Again, here \(\lambda\) is a hyperparameter which can be set by the econometrician with expert knwoledge about the DGP. However, when using ARDRegression() from sklearn, by default Gamma priors are specified. ARD is also known in the literature as Sparse Bayesian Learning and Relevance Vector Machine (see Section 7.2.1 of Chris Bishop’s Book )

Let’s now see how the ARD Prior leads to different results with our dataset.
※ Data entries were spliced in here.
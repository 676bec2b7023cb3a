//! The books of a synthetic bank: branches, tellers, accounts, entries and cash lines.

use crate::policy::{USER, synthetic_policy};
use crate::size::Size;
use crate::slips::add_slips;
use bank_books::{Account, Branch, CashLine, Entry, EntryForm, LineForm, Lists, Teller, World};
use money::{Cents, Delta, Fault};
use std::alloc::Global;

/// The tellers of each branch.
const TELLERS: u32 = 10;

/// The accounts at home at each branch.
const ACCOUNTS: u32 = 100;

/// What each account opened with, in cents.
const OPENING: i64 = 1_000_000;

/// The cash that each drawer is put on with, in cents.
const DRAWER: i64 = 1_000_000;

/// What the vault of each branch opened with, in cents.
const VAULT: i64 = 100_000_000;

/// A bank of this size on its first day. Its entries go to accounts of all branches and name each other in pairs, and every
/// drawer is held by the one user. None where an amount is out of range, which none is.
pub fn synthetic_world(alloc: Global, size: Size) -> Result<Option<World>, Fault> {
    let mut lists = Lists::new(alloc);
    let mut turns = Vec::new(alloc);
    for branch in 1..=size.branches {
        for _ in 0..ACCOUNTS {
            turns.push(0)?;
        }
        if add_branch(&mut lists, branch)?.is_none() {
            return Ok(None);
        }
    }
    for branch in 1..=size.branches {
        if add_history(&mut lists, &mut turns, branch, size.entries)?.is_none() {
            return Ok(None);
        }
    }
    add_slips(alloc, &mut lists, size.slips)?;
    let policy = synthetic_policy(alloc, size.triples)?;
    Ok(World::from_lists(lists, policy, 0))
}

/// Adds a branch with its tellers and its accounts.
fn add_branch(lists: &mut Lists, branch: u32) -> Result<Option<()>, Fault> {
    let (Some(opening), Some(share), Some(vault), Some(floor)) = (
        Cents::new(OPENING * ACCOUNTS as i64),
        Cents::new(OPENING * ACCOUNTS as i64 / TELLERS as i64),
        Cents::new(VAULT),
        Cents::new(0),
    ) else {
        return Ok(None);
    };
    let Some(each) = Cents::new(OPENING) else {
        return Ok(None);
    };
    lists.branches.push(Branch {
        branch,
        opening,
        cash: vault,
        day: 1,
    })?;
    for teller in 1..=TELLERS {
        lists.tellers.push(Teller {
            teller: place(branch, TELLERS, teller),
            branch,
            opening: share,
        })?;
    }
    for account in 1..=ACCOUNTS {
        lists.accounts.push(Account {
            account: place(branch, ACCOUNTS, account),
            home: branch,
            opening: each,
            floor,
        })?;
    }
    Ok(Some(()))
}

/// The number of a row of a branch, if each branch has `count`.
fn place(branch: u32, count: u32, index: u32) -> u32 {
    branch
        .saturating_sub(1)
        .saturating_mul(count)
        .saturating_add(index)
}

/// Adds the lines that put the drawers of a branch on, and its entries with their lines.
fn add_history(
    lists: &mut Lists,
    turns: &mut Vec<u32>,
    branch: u32,
    entries: u32,
) -> Result<Option<()>, Fault> {
    if add_drawers(lists, branch)?.is_none() {
        return Ok(None);
    }
    for number in 1..=entries {
        let Some(delta) = Delta::new(i64::from(number % 201) - 100) else {
            return Ok(None);
        };
        let partner = partner(number, entries);
        add_entry(lists, entry(turns, branch, number, partner, delta))?;
    }
    Ok(Some(()))
}

/// Adds the lines that put the drawers of a branch on.
fn add_drawers(lists: &mut Lists, branch: u32) -> Result<Option<()>, Fault> {
    let (Some(given), Some(taken)) = (Cents::new(DRAWER), Cents::new(-DRAWER)) else {
        return Ok(None);
    };
    for teller in 1..=TELLERS {
        let drawer = place(branch, TELLERS, teller);
        lists
            .lines
            .push(line(branch, 2 * teller - 1, 0, taken, LineForm::On))?;
        lists
            .lines
            .push(line(branch, 2 * teller, drawer, given, LineForm::On))?;
    }
    Ok(Some(()))
}

/// Adds an entry and the line of its cash.
fn add_entry(lists: &mut Lists, entry: Entry) -> Result<(), Fault> {
    let number = entry.number.saturating_add(2 * TELLERS);
    let cash = Cents::from(entry.delta);
    lists.lines.push(line(
        entry.branch,
        number,
        entry.teller,
        cash,
        LineForm::CashEntry,
    ))?;
    lists.entries.push(entry)?;
    Ok(())
}

/// The next entry of a branch, on an account of any branch.
fn entry(turns: &mut Vec<u32>, branch: u32, number: u32, partner: u32, delta: Delta) -> Entry {
    let account = some_account(turns.len() as u64, branch, number);
    let turn = next_turn(turns, account);
    Entry {
        branch,
        number,
        account,
        turn,
        teller: place(branch, TELLERS, number % TELLERS + 1),
        delta,
        moment: 0,
        day: 1,
        user: USER,
        form: EntryForm::Post,
        partner,
        undoes: 0,
    }
}

/// The other entry of a pair: 1 and 2 name each other, 3 and 4, and so on. The last of an odd number names none.
fn partner(number: u32, entries: u32) -> u32 {
    if number % 2 == 0 {
        number.saturating_sub(1)
    } else if number < entries {
        number.saturating_add(1)
    } else {
        0
    }
}

/// One of `accounts` accounts, spread over all of them.
fn some_account(accounts: u64, branch: u32, number: u32) -> u32 {
    let spread = branch as u64 * 7_919 + number as u64 * 104_729;
    let index = u32::try_from(spread % accounts.max(1)).unwrap_or(0);
    index.saturating_add(1)
}

/// Counts one turn more of an account.
fn next_turn(turns: &mut Vec<u32>, account: u32) -> u32 {
    let Some(turn) = turns.get_mut(account.saturating_sub(1) as usize) else {
        return 0;
    };
    *turn = turn.saturating_add(1);
    *turn
}

/// A line of a cash book.
fn line(branch: u32, number: u32, place: u32, amount: Cents, form: LineForm) -> CashLine {
    CashLine {
        branch,
        number,
        place,
        amount,
        form,
        moment: 0,
        day: 1,
        user: USER,
    }
}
from sklearn.linear_model import ARDRegression

ard = ARDRegression(compute_score=True, n_iter=30).fit(X, y)
coefficients_df['ARDRegression'] = ard.coef_

coefficients_df
Feature Linear Regression Coefficient Bayesian Ridge Coefficient ARDRegression
0 MedInc 1.634156 1.632060 1.615543
1 HouseAge 0.175638 0.175636 0.194449
2 AveRooms -2.077023 -2.069044 -2.013981
3 AveBedrms 8.571035 8.532918 8.394052
4 Population -0.000657 -0.000657 0.000000
5 AveOccup -0.001491 -0.001493 0.000000
6 Latitude 8.749902 8.739650 8.836697
7 Longitude 8.726341 8.716120 8.790180
8 MedHouseVal 26.761079 26.753811 26.780613

Bayesian regressions with polynomial feature expansion#

from sklearn.pipeline import make_pipeline
from sklearn.preprocessing import PolynomialFeatures, StandardScaler

# Take a random sample of the data to acelerate plotting 
rng = np.random.RandomState(0)
indices = rng.choice(
    np.arange(data_cali_hp.shape[0]), size=100, replace=False
)

X = data_cali_hp[['MedInc']].iloc[indices].copy()
y = np.exp(data_cali_hp['MedHouseVal'].iloc[indices]) # <- typically we keep the log to run the regression. Here I take the exp{} so that coeffs are meaningful.

blr_poly = make_pipeline(
    PolynomialFeatures(degree=1, include_bias=False),
    StandardScaler(),
    BayesianRidge(),
).fit(X, y)
ard_poly = make_pipeline(
    PolynomialFeatures(degree=10, include_bias=False),
    StandardScaler(),
    ARDRegression(),
).fit(X, y)
brr_poly = make_pipeline(
    PolynomialFeatures(degree=10, include_bias=False),
    StandardScaler(),
    BayesianRidge(),
).fit(X, y)

y_ard, y_ard_std = ard_poly.predict(X, return_std=True)
y_brr, y_brr_std = brr_poly.predict(X, return_std=True)
y_blr, y_blr_std = blr_poly.predict(X, return_std=True)
import matplotlib.pyplot as plt

# Original data points
plt.scatter(X, y, label='Data', color='b')

# Sort X for a smoother plot
X_plot = np.sort(X, axis=0)

# Predictions and standard deviations for ARDRegression
y_ard, y_ard_std = ard_poly.predict(X_plot, return_std=True)
plt.plot(X_plot, y_ard, label='ARDRegression', color='r')
plt.fill_between(X_plot[:, 0], y_ard - y_ard_std, y_ard + y_ard_std, color='r', alpha=0.2)

# Predictions and standard deviations for ARDRegression
y_blr, y_blr_std = blr_poly.predict(X_plot, return_std=True)
plt.plot(X_plot, y_blr, label='BayesianLR', color='k')
plt.fill_between(X_plot[:, 0], y_blr - y_blr_std, y_blr + y_blr_std, color='r', alpha=0.2)

# Predictions and standard deviations for BayesianRidge
y_brr, y_brr_std = brr_poly.predict(X_plot, return_std=True)
plt.plot(X_plot, y_brr, label='BayesianPoly', color='g')
plt.fill_between(X_plot[:, 0], y_brr - y_brr_std, y_brr + y_brr_std, color='g', alpha=0.2)

plt.xlabel('MedInc')
plt.ylabel('MedHouseVal')
plt.legend(loc='upper left')
plt.title('Polynomial Regression with ARDRegression and BayesianLR')
plt.show()
../_images/fbac31af139350f813da9911d65d94753a715f15a0d06197a6877f4274385f20.png

Exercise#

Use the make_pipeline function to construct MSE for the three models in the previous example. Which one returns the best in-sample fit ?

References#

Some good resources for further study:

Christopher M. Bishop. Pattern Recognition and Machine Learning. Springer, 2006.

Pace, R. Kelley and Ronald Barry. Sparse Spatial Autoregressions, Statistics and Probability Letters, 33 ,1997 291-297.